Kalundborg, Sjaelland, Danemark. Un vrombissement sourd parcourt, au rythme des afflux de vapeur d’eau, les pipelines verts reliant la centrale électrique d’Orsted à la raffinerie Statoil et l’entrepôt de Novozymes, leader de la production d’enzymes. Ce circuit fermé est l’un des nombreux ponts industriels mis en place sur le port de Kalundborg, référence mondiale en écologie industrielle. Depuis plus de trente ans, huit grands acteurs industriels coopèrent en bordure de mer du Nord en vue d’une symbiose productive et écologique : le terme de « symbiose » fait référence aux écosystèmes naturels au sein desquels les déchets d’une espèce sont réutilisés par d’autres espèces comme des ressources.

Fonctionnement de la « symbiose » – © Kalundborg Symbiosis – tous droits réservés

Cette association permet aux différentes entreprises d’éviter de devoir traiter leurs déchets et de favoriser l’approvisionnement local, le port n’ayant plus besoin d’importer une grande partie des matières premières dont elle a besoin. En effet, le recyclage de la vapeur sert notamment à chauffer le pétrole brut de Statoil, aux procédés de distillation et stérilisation de Novozymes et à alimenter le système de chauffage urbain de la ville. D’un autre côté, les eaux résiduelles de Statoil sont récupérées et recyclées par la centrale d’Orsted pour créer leurs fameuses vapeurs et limiter le prélèvement d’eau du lac Tisso. Les 180 000 tonnes de fertilisants issus de l’activité de Novozymes sont par ailleurs réutilisées pour nourrir plus de 200 exploitations agricoles de la région tandis que le gypse synthétique produit par la centrale d’Orsted évite l’importation et l’augmentation de l’empreinte carbone du producteur de panneaux en plâtre Gyproc.

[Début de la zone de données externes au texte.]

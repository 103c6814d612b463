//! The lines of the events of the item at the start of some bytes.

ghost use Rattle.std.specs.Prelude.{◌≡◌, ◌≤◌, ◌<◌, ◌+◌, ◌^◌, true, false, length, IfOk, IfErr};
ghost use Rattle.cbor_listing.specs.Listing.{IsListingReason};
ghost use Rattle.cborc_commands.specs.EventStyles.{AreListed, AreUnlisted};
ghost use Rattle.cbor_head.specs.Complaint.{form};
ghost use Rattle.cborc_commands.specs.inner.Decided.{IsDecided};
ghost use Rattle.cborc_commands.specs.inner.Listed.{IsPrefixNotListed};

use crate::fault::Fault;
use cbor_head::{Limits, Reason, Refusal};
use cbor_listing::{annotated, listing_from};
use cbor_machine::{Machine, Out};
use cborc_words::EventStyle;
use std::io::Write;

/// Writes the lines of the item at the start of the bytes, which are at this offset of the input.
/// Returns the item's number of bytes. The refusal is that of its form.
pub fn list_prefix<'a, W: Write>(
    event_style: EventStyle,
    bytes: &[u8],
    start: usize,
    limits: Limits,
    out: &mut W,
) -> Result<u64, Fault<'a>>
    requires { start < 2 ^ 63 }
    ensures listed { IfOk result (λ size. AreListed event_style start limits bytes.now size
        (W.contents out.old) (W.contents out.new)) }
    ensures within { IfOk result (λ size. size ≤ length bytes.now) }
    ensures fault { IfErr result (IsPrefixNotListed event_style start limits bytes.now
        (W.contents out.old) (W.contents out.new)) }
{
    match write_lines(event_style, bytes, start as u64, limits, out) {
        Ok(size) => Ok(size),
        Err(refusal) => match refusal.reason {
            Reason::Write => Err(Fault::CannotPrint),
            _ => Err(Fault::from(refusal)),
        },
    }
}

// Writes the lines in this style.
fn write_lines<W: Write>(
    event_style: EventStyle,
    bytes: &[u8],
    start: u64,
    limits: Limits,
    out: &mut W,
) -> Result<u64, Refusal>
    requires { start + limits.bytes < 2 ^ 64 }
    ensures listed { IfOk result (λ size. AreListed event_style start limits bytes.now size
        (W.contents out.old) (W.contents out.new)) }
    ensures within { IfOk result (λ size. size ≤ length bytes.now) }
    ensures unlisted { IfErr result (λ f. AreUnlisted event_style start limits bytes.now f
        (W.contents out.old) (W.contents out.new)) }
    ensures reasons { IfErr result (λ f. IsListingReason f.reason) }
    ensures read { IfErr result (λ f. f.read ≤ length bytes.now) }
{
    match event_style {
        EventStyle::Listed => {
            let mut reader = bytes;
            listing_from(&mut reader, start, limits, out)
        }
        EventStyle::Annotated => annotated(bytes, start, limits, out),
    }
}

/// Whether more bytes may change the verdict on the form of the item at the start: the bytes end
/// within it or with it.
pub fn is_undecided(bytes: &[u8], limits: Limits) -> bool
    ensures undecided { result ≡ true → ¬ IsDecided form limits bytes.now }
    ensures decided { result ≡ false → IsDecided form limits bytes.now }
{
    let mut machine = Machine::new(limits);
    'events: loop {
        let step = machine.step(&bytes[machine.taken() as usize..]);
        match step.out {
            Out::Event(_) => {}
            Out::Done => return machine.taken() == bytes.len() as u64,
            Out::More => return true,
            Out::Refused(_) => return false,
        }
    }
}
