//! The exit statuses of the program.

/// How the program ends. The number is the exit status.
#[derive(Clone, Copy, Debug, PartialEq, Eq)]
pub enum Status {
    /// The input was accepted, or both inputs were and have the same value.
    Accepted = 0,
    /// The input was refused, or both inputs were accepted and have different values.
    Refused = 1,
    /// The command line has a usage error.
    Misused = 2,
    /// A file, its hex text, the output or memory failed.
    Failed = 3,
}
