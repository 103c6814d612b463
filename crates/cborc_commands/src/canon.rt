//! The subcommand `canon`: the canonical bytes of an item, from file to file.

ghost use Rattle.std.specs.Prelude.{◌≡◌, ◌≢◌, OnOk, OnErr, IfErr};
ghost use Rattle.cborc_commands.specs.Put.{IsPut, IsNotPut};
ghost use Rattle.cborc_commands.specs.Texts.{GoesInPart};
ghost use Rattle.cborc_commands.specs.Canon.{HasText, IsNotCanonised};
ghost use Rattle.cborc_files.specs.Folder.{KeepsFiles};

use crate::fault::Fault;
use crate::input::{Judge, read_item};
use crate::texts::canonical_text;
use cbor_head::{KeyOrder, Limits};
use cbor_item::write_whole;
use cborc_files::{Folder, is_stream};
use cborc_words::{Accepted, Options, Output};
use std::alloc::Global;
use std::io::Write;

/// Writes the canonical bytes of the item in the file `source` to the output: all of them, or none.
/// So a file is replaced whole or left unchanged.
pub fn canon<'a, F: Folder, O: Write>(
    alloc: Global,
    files: &mut F,
    out: &mut O,
    source: &'a str,
    output: Output<'a>,
    order: KeyOrder,
    options: Options,
) -> Result<(), Fault<'a>>
    ensures written { OnOk result (HasText order options source.now output.entry.form
        (F.held files.old) (IsPut output.entry.path.now (F.held files.old) (F.held files.new)
        (O.contents out.old) (O.contents out.new))) }
    ensures untouched { OnErr result (KeepsFiles (F.held files.old) (F.held files.new)) }
    ensures same { F.forwards_to files.new ≡ F.forwards_to files.old }
    ensures fault { IfErr result
        (IsNotCanonised order options source.now output.entry (F.held files.old)
        (O.contents out.old) (O.contents out.new)) }
    ensures silent { IfErr result (λ fault. fault ≢ Fault.CannotPrint → out.new ≡ out.old) }
{
    let limits = options.limits;
    let Output { path, form } = output;
    let bytes = read_item(alloc, files, source, Judge::Item(Accepted::Valid), options)?;
    let text = canonical_text(alloc, bytes.as_slice(), limits, order, form)?;
    put(files, out, path, text.as_slice())
}

// Writes the text to the file at the path, or to standard output for the path `-`.
fn put<'a, F: Folder, O: Write>(
    files: &mut F,
    out: &mut O,
    path: &'a str,
    text: &[u8],
) -> Result<(), Fault<'a>>
    ensures put { OnOk result (IsPut path.now (F.held files.old) (F.held files.new)
        (O.contents out.old) (O.contents out.new) text.now) }
    ensures untouched { OnErr result (KeepsFiles (F.held files.old) (F.held files.new)) }
    ensures same { F.forwards_to files.new ≡ F.forwards_to files.old }
    ensures fault { IfErr result (λ fault. IsNotPut path.now fault × (fault ≡ Fault.CannotPrint
        → GoesInPart (O.contents out.old) (O.contents out.new) text.now)) }
    ensures silent { IfErr result (λ fault. fault ≢ Fault.CannotPrint → out.new ≡ out.old) }
{
    if is_stream(path) {
        match write_whole(out, text) {
            Ok(()) => Ok(()),
            Err(_) => Err(Fault::CannotPrint),
        }
    } else {
        match files.write(path, text) {
            Ok(()) => Ok(()),
            Err(fault) => Err(Fault::of_writing(path, fault)),
        }
    }
}
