//! Reads an input that is to be one item.

ghost use Rattle.std.specs.Prelude.{◌≡◌, ◌⊎◌, ◌^◌, ◌<◌, true, false, IfOk, IfErr};
ghost use Rattle.cborc_files.specs.Folder.{KeepsFiles};
ghost use Rattle.cborc_commands.specs.NoInput.{IsNoInput};
ghost use Rattle.cborc_commands.specs.inner.Start.{StartsInput};
ghost use Rattle.cborc_commands.specs.inner.Decided.{judging_rules, IsDecided};

use crate::fault::Fault;
use crate::first_item::Scratch;
use crate::input_parts::Parts;
use crate::listing::is_undecided;
use cbor_head::Limits;
use cborc_files::Folder;
use cborc_words::{Accepted, Options};
use std::alloc::Global;

// The number of bytes of the first read, unless the limit is lower.
const FIRST: u64 = 1_310_721;

/// How the first item of an input is judged.
#[derive(Clone, Copy)]
pub enum Judge {
    /// By its form only.
    Form,
    /// By these rules.
    Item(Accepted),
}

/// The first bytes of the input at this path: enough to decide whether it is one item within the
/// limits, and at most twice the item's size, or 1,310,721. While they are not enough, the number
/// of bytes is doubled, and all are judged again. Hex text is read to its end.
pub fn read_item<'a, F: Folder>(
    alloc: Global,
    files: &mut F,
    path: &'a str,
    judge: Judge,
    options: Options,
) -> Result<Vec<u8>, Fault<'a>>
    ensures prefix { IfOk result (λ v. StartsInput (judging_rules judge) (F.held files.old)
        path.now options v.items) }
    ensures fault { IfErr result (IsNoInput (F.held files.old) path.now options.hex) }
    ensures keeps { KeepsFiles (F.held files.old) (F.held files.new) }
    ensures same { F.forwards_to files.new ≡ F.forwards_to files.old }
{
    let limits = options.limits;
    let least = first(options.hex, limits);
    let mut parts = Parts::open(alloc, files, path, options.hex, least)?;
    let mut scratch = Scratch::new(alloc);
    'parts: loop {
        let more = may_report_more(&parts, &mut scratch, judge, limits)?;
        if !more {
            return parts.finish(alloc, files, path);
        }
        parts.read_on(alloc, files, path)?;
    }
}

// The number of bytes of a file that are read first: at most as many as encode one byte more than
// the limit.
pub(crate) fn first(hex: bool, limits: Limits) -> u64
    ensures some { 0 < result }
    ensures range { result < 2 ^ 63 }
{
    let most = limits.bytes() + 1;
    FIRST.min(if hex { 2 * most } else { most })
}

// Whether the input may continue, and this may change the verdict on its first item.
fn may_report_more<'a>(
    parts: &Parts,
    scratch: &mut Scratch,
    judge: Judge,
    limits: Limits,
) -> Result<bool, Fault<'a>>
    ensures yes { IfOk result (λ more. more ≡ true → parts.now.source.ended ≡ false) }
    ensures undecided { IfOk result (λ more. more ≡ true
        → ¬ IsDecided (judging_rules judge) limits parts.now.rest) }
    ensures no { IfOk result (λ more. more ≡ false → (parts.now.source.ended ≡ true)
        ⊎ IsDecided (judging_rules judge) limits parts.now.rest) }
    ensures memory { IfErr result (λ fault. fault ≡ Fault.Memory) }
{
    if !parts.goes_on() {
        return Ok(false);
    }
    match judge {
        Judge::Form => Ok(is_undecided(parts.rest(), limits)),
        Judge::Item(accepted) => scratch.is_undecided(parts.rest(), accepted, limits),
    }
}
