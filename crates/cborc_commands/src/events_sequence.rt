//! `events --seq`: the lines of each item of a sequence (RFC 8742).

ghost use Rattle.std.specs.Prelude.{◌≡◌, ◌<◌, [], OnOk, IfErr};
ghost use Rattle.std.specs.Io.KnownBytes.{Appends};
ghost use Rattle.cbor_head.specs.Complaint.{form};
ghost use Rattle.cbor_reader.specs.Sequence.{IsAccepted};
ghost use Rattle.cborc_commands.specs.EventsSequence.{gap, item_lines, IsSequenceListed};
ghost use Rattle.cborc_commands.specs.EventsSequence.{IsSequenceNotListed};
ghost use Rattle.cborc_files.specs.Folder.{KeepsFiles};
ghost use Rattle.cborc_commands.specs.inner.SequenceItems.{IsItemNotListed};

use crate::fault::Fault;
use crate::first_item::Scratch;
use crate::listing::{is_undecided, list_prefix};
use crate::sequence::{ItemWriter, write_items};
use cbor_head::Limits;
use cbor_item::write_whole;
use cborc_files::Folder;
use cborc_words::{EventStyle, Options};
use std::alloc::Global;
use std::io::Write;

/// Writes the lines of the events of each item of the sequence in the file `source` to `out`, with an
/// empty line before each item but the first. Offsets count from the start of the input. Lines that
/// were written before a refusal, or before a fault of hex text, stay.
pub fn events_sequence<'a, F: Folder, O: Write>(
    alloc: Global,
    files: &mut F,
    out: &mut O,
    source: &'a str,
    event_style: EventStyle,
    options: Options,
) -> Result<(), Fault<'a>>
    ensures listed { OnOk result (IsSequenceListed event_style options source.now
        (F.held files.old) (O.contents out.old) (O.contents out.new)) }
    ensures fault { IfErr result (IsSequenceNotListed event_style options source.now
        (F.held files.old) (O.contents out.old) (O.contents out.new)) }
    ensures keeps { KeepsFiles (F.held files.old) (F.held files.new) }
    ensures same { F.forwards_to files.new ≡ F.forwards_to files.old }
{
    write_items(
        alloc,
        &ListedItems { event_style },
        files,
        source,
        options,
        out,
    )?;
    Ok(())
}

// Writes the lines of items.
#[derive(Clone, Copy)]
struct ListedItems {
    event_style: EventStyle,
}

impl ItemWriter for ListedItems {
    ghost takes = { λ _ b. IsAccepted b form };

    ghost text = { λ listed. item_lines listed.event_style };

    ghost stops = { λ listed. IsItemNotListed listed.event_style };

    fn write_item<'f, W: Write>(
        &self,
        _alloc: Global,
        bytes: &[u8],
        goes_on: bool,
        start: usize,
        limits: Limits,
        _space: &mut Scratch,
        out: &mut W,
    ) -> Result<Option<usize>, Fault<'f>> {
        if goes_on && is_undecided(bytes, limits) {
            return Ok(None);
        }
        write_gap(start, out)?;
        let size = list_prefix(self.event_style, bytes, start, limits, out)?;
        Ok(Some(size as usize))
    }
}

// Writes the empty line before the item at this offset, unless it is the first.
fn write_gap<'a, W: Write>(start: usize, out: &mut W) -> Result<(), Fault<'a>>
    ensures written { OnOk result
        (Appends (W.contents out.old) (W.contents out.new) (gap start)) }
    ensures fault { IfErr result (λ fault. (fault ≡ Fault.CannotPrint) × (0 < start)
        × Appends (W.contents out.old) (W.contents out.new) []) }
{
    if start > 0 && write_whole(out, b"\n").is_err() {
        return Err(Fault::CannotPrint);
    }
    Ok(())
}
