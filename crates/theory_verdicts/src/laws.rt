//! The law of positions. Nothing here runs: its contract is the law.

ghost use Rattle.std.specs.Prelude.{◌≡◌, ◌↔◌, List, [], ℕ, length};
ghost use Rattle.theory_automaton.specs.Trace.{Mark};
ghost use Rattle.cbor_machine.specs.NextEvent.{Call, AgreesBetween, IsNextEvent};
ghost use Rattle.cbor_machine.specs.Machine.{IsComplete};
ghost use Rattle.cbor_machine.specs.MachineView.{MachineView};
ghost use Rattle.cbor_head.specs.declared.event.Event.{Event};
ghost use Rattle.theory_verdicts.specs.Place.{Place, at_item, done, open_at, IsPlaced, LeadsOn};

/// The position in an item between two events, and after each event: before the first byte an item
/// is expected, each event leads from the position before it to the next, and the position says
/// which containers are open and whether the item is complete.
pub fn events_lead_from_place_to_place()
    ensures begins { (d : ℕ) → IsPlaced d [] [] (at_item []) }
    ensures leads { (e : Event) (c : Call) (p : Place) → AgreesBetween c.old c.taken c.reported
        → IsPlaced c.old.depth c.taken c.reported p → c.new.depth ≡ c.old.depth
        → (next : IsNextEvent e c) → LeadsOn e c next.bytes p }
    ensures open { (m : MachineView) (t : List ℕ) (ms : List Mark) (p : Place)
        → AgreesBetween m t ms → IsPlaced m.depth t ms p → m.open_count ≡ length (open_at p) }
    ensures complete { (m : MachineView) (t : List ℕ) (ms : List Mark) (p : Place)
        → AgreesBetween m t ms → IsPlaced m.depth t ms p → IsComplete m ↔ (p ≡ done) }
{}
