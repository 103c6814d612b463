//! `check --seq`: whether a file is a sequence of items (RFC 8742).

ghost use Rattle.std.specs.Prelude.{◌≡◌, ◌≢◌, [], Option, OnOk, IfErr};
ghost use Rattle.std.specs.Io.KnownBytes.{Appends};
ghost use Rattle.cbor_reader.specs.Sequence.{IsAccepted};
ghost use Rattle.cborc_commands.specs.Rules.{rules_of};
ghost use Rattle.cborc_commands.specs.inner.NotWritten.{IsNotTaken};
ghost use Rattle.cborc_commands.specs.CheckSequence.{accepted_items};
ghost use Rattle.cborc_commands.specs.CheckSequence.{IsSequenceChecked, IsSequenceNotChecked};
ghost use Rattle.cborc_files.specs.Folder.{KeepsFiles};
ghost use Rattle.cborc_commands.specs.inner.SequenceItems.{IsUncounted};

use crate::fault::Fault;
use crate::first_item::Scratch;
use crate::sequence::{ItemWriter, unless_cut, write_items};
use cbor_head::Limits;
use cbor_item::write_whole;
use cborc_files::Folder;
use cborc_words::{Accepted, Options};
use std::alloc::Global;
use std::io::{self, Write};

/// Writes the number of items of the sequence in the file `source` to `out`.
pub fn check_sequence<'a, F: Folder, O: Write>(
    alloc: Global,
    files: &mut F,
    out: &mut O,
    source: &'a str,
    accepted: Accepted,
    options: Options,
) -> Result<(), Fault<'a>>
    ensures reported { OnOk result (IsSequenceChecked (rules_of accepted) options source.now
        (F.held files.old) (Appends (O.contents out.old) (O.contents out.new))) }
    ensures fault { IfErr result
        (IsSequenceNotChecked (rules_of accepted) options source.now (F.held files.old)
        (O.contents out.old) (O.contents out.new)) }
    ensures silent { IfErr result (λ fault. fault ≢ Fault.CannotPrint → out.new ≡ out.old) }
    ensures keeps { KeepsFiles (F.held files.old) (F.held files.new) }
    ensures same { F.forwards_to files.new ≡ F.forwards_to files.old }
{
    let counted = CountedItems { accepted };
    let count = write_items(alloc, &counted, files, source, options, &mut io::sink())?;
    report(alloc, out, count)
}

// Writes the line of an accepted sequence, with its number of items.
fn report<'a, O: Write>(alloc: Global, out: &mut O, count: usize) -> Result<(), Fault<'a>>
    ensures reported { OnOk result
        (Appends (O.contents out.old) (O.contents out.new) (accepted_items count)) }
    ensures fault { IfErr result
        (IsNotTaken (accepted_items count) (O.contents out.old) (O.contents out.new)) }
    ensures silent { IfErr result (λ fault. fault ≢ Fault.CannotPrint → out.new ≡ out.old) }
{
    let line = match format!(in alloc; "accepted {count} items\n") {
        Ok(line) => line,
        Err(_) => return Err(Fault::Memory),
    };
    match write_whole(out, line.as_bytes()) {
        Ok(()) => Ok(()),
        Err(_) => Err(Fault::CannotPrint),
    }
}

// Counts items.
#[derive(Clone, Copy)]
struct CountedItems {
    // Which items are accepted.
    accepted: Accepted,
}

impl ItemWriter for CountedItems {
    ghost takes = { λ counted b. IsAccepted b (rules_of counted.accepted) };

    ghost text = { λ _ _ _. [] };

    ghost stops = { λ counted b start bytes fault before after.
        IsUncounted b (rules_of counted.accepted) bytes fault };

    fn write_item<'f, W: Write>(
        &self,
        _alloc: Global,
        bytes: &[u8],
        goes_on: bool,
        _start: usize,
        limits: Limits,
        scratch: &mut Scratch,
        _out: &mut W,
    ) -> Result<Option<usize>, Fault<'f>> {
        match scratch.size_at_start(bytes, self.accepted, limits) {
            Ok(size) => Ok(Some(size as usize)),
            Err(refusal) => unless_cut(refusal, goes_on),
        }
    }
}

Ne nous y trompons pas, ce réseau ne fut pas mis en place par simple bonté d’âme ni pur intérêt écologique, et les acteurs du projet ne s’en cachent pas : l’intérêt économique était, et est toujours, le moteur principal de la démarche, et les bénéfices écologiques représentent des conséquences importantes qui gravitent autour de ce pôle. Chacune des entreprises trouvent son compte dans ce maelstrom économico-écologique et le bilan global est très positif, avec notamment plus de 3 de millions de mètres cubes d’eau économisés chaque année. Le concept commence d’ailleurs à accrocher à l’étranger, une attirance que les patrons expliquent par « les tensions sur les ressources et le coût croissant du traitement des déchets », mais l’exportation du modèle reste encore difficile à mettre en place : toute ville n’est pas Kalundborg, toute ville ne jouit pas d’une proximité géographique, d’un climat de confiance mutuelle ou d’un soutien solide et sur le long terme des autorités locales. Il faudra d’abord changer les mentalités pour une vision à long terme avant de pouvoir sérieusement envisager ce genre de projet, mais les possibilités (et l’espoir) sont là.